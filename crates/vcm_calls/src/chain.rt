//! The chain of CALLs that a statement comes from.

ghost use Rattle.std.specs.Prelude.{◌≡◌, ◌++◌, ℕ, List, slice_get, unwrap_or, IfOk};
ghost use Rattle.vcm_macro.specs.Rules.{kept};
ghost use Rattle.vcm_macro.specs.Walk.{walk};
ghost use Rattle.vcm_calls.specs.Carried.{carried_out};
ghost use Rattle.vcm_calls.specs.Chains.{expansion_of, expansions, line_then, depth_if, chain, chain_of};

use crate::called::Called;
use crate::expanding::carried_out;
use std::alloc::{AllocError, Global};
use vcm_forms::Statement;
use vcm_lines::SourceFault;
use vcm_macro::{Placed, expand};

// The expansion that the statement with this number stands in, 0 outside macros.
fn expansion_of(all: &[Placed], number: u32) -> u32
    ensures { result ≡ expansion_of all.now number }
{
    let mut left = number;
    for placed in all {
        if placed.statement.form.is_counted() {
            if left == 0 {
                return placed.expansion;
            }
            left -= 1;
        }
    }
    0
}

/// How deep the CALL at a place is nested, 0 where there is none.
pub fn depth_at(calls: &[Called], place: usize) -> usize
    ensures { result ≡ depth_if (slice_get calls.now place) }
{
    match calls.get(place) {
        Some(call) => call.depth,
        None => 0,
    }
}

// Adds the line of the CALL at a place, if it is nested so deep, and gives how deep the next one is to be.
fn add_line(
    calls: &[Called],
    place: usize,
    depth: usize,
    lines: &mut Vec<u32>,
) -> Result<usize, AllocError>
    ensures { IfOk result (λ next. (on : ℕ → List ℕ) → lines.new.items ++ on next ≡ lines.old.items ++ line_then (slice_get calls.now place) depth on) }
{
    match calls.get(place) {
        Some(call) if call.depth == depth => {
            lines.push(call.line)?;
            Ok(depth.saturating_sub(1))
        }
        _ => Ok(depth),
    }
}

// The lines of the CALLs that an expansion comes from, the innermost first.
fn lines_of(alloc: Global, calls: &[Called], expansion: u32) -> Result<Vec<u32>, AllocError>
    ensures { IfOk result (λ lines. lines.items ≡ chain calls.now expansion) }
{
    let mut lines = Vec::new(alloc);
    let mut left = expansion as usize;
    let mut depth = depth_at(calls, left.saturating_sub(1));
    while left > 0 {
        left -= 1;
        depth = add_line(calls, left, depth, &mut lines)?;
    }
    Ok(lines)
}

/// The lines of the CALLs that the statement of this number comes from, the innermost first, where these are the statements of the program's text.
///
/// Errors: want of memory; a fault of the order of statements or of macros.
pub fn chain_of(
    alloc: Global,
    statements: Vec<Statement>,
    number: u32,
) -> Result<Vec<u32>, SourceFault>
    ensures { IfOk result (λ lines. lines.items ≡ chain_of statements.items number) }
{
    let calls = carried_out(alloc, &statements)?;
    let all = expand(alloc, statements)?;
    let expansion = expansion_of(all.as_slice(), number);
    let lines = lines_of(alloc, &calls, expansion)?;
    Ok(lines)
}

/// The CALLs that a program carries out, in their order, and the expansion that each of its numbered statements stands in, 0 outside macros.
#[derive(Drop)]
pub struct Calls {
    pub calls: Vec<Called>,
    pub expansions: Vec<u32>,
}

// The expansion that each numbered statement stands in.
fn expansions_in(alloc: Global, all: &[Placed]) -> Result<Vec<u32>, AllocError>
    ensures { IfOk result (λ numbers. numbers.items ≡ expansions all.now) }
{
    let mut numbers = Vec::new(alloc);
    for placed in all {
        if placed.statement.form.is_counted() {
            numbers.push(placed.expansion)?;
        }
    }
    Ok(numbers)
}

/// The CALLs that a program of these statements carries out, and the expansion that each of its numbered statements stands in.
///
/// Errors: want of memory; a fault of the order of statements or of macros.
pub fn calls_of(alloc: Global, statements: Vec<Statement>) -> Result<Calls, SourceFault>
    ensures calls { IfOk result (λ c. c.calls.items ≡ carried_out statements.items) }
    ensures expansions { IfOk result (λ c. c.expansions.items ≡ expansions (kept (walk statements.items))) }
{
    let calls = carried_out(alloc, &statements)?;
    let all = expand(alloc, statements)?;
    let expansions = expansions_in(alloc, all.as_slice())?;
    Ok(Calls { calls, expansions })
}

=-=-=-=-=

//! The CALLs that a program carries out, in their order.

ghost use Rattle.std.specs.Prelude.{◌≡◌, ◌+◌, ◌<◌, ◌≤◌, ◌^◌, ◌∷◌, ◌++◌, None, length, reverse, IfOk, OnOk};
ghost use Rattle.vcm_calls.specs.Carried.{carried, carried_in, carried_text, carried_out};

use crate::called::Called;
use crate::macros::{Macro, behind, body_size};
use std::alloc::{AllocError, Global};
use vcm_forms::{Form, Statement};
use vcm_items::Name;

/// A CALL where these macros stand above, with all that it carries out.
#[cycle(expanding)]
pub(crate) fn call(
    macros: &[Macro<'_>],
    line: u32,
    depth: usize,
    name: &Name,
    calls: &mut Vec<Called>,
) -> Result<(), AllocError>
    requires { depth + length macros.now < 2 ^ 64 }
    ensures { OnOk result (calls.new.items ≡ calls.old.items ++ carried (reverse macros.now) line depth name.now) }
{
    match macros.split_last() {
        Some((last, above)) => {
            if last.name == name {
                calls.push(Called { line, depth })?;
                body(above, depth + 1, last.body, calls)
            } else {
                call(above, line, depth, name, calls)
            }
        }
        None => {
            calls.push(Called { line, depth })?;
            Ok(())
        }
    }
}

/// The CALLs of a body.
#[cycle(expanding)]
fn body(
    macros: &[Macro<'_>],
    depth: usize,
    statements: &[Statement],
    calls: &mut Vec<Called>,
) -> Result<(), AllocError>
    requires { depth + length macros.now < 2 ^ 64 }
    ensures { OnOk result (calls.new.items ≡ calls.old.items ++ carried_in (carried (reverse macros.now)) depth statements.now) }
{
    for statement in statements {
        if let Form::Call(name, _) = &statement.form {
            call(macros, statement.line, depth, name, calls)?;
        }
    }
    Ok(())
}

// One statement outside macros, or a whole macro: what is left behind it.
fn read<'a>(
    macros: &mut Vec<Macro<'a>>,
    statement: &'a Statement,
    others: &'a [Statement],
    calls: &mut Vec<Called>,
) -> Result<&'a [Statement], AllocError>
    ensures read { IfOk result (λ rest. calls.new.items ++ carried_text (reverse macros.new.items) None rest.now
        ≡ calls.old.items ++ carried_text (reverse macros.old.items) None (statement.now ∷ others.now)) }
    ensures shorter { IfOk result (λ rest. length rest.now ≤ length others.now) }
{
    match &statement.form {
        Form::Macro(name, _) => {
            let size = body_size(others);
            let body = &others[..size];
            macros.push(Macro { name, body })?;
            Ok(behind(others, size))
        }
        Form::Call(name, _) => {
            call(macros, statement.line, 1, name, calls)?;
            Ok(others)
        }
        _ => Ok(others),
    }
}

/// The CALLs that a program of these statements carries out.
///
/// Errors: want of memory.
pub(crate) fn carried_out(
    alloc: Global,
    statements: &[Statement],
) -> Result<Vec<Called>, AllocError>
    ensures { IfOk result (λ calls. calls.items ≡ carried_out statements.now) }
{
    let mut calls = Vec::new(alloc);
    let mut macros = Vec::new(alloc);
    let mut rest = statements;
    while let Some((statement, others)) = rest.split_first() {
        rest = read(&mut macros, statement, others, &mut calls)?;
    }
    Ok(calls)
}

=-=-=-=-=

-- BRIEF --
Gather all lines from the records above in which "Rattle" appears.

-- REPLY TO THE EXERCISE --
ghost use Rattle.std.specs.Prelude.{◌≡◌, ◌++◌, ℕ, List, slice_get, unwrap_or, IfOk};
ghost use Rattle.vcm_macro.specs.Rules.{kept};
ghost use Rattle.vcm_macro.specs.Walk.{walk};
ghost use Rattle.vcm_calls.specs.Carried.{carried_out};
ghost use Rattle.vcm_calls.specs.Chains.{expansion_of, expansions, line_then, depth_if, chain, chain_of};
ghost use Rattle.std.specs.Prelude.{◌≡◌, ◌+◌, ◌<◌, ◌≤◌, ◌^◌, ◌∷◌, ◌++◌, None, length, reverse, IfOk, OnOk};
ghost use Rattle.vcm_calls.specs.Carried.{carried, carried_in, carried_text, carried_out};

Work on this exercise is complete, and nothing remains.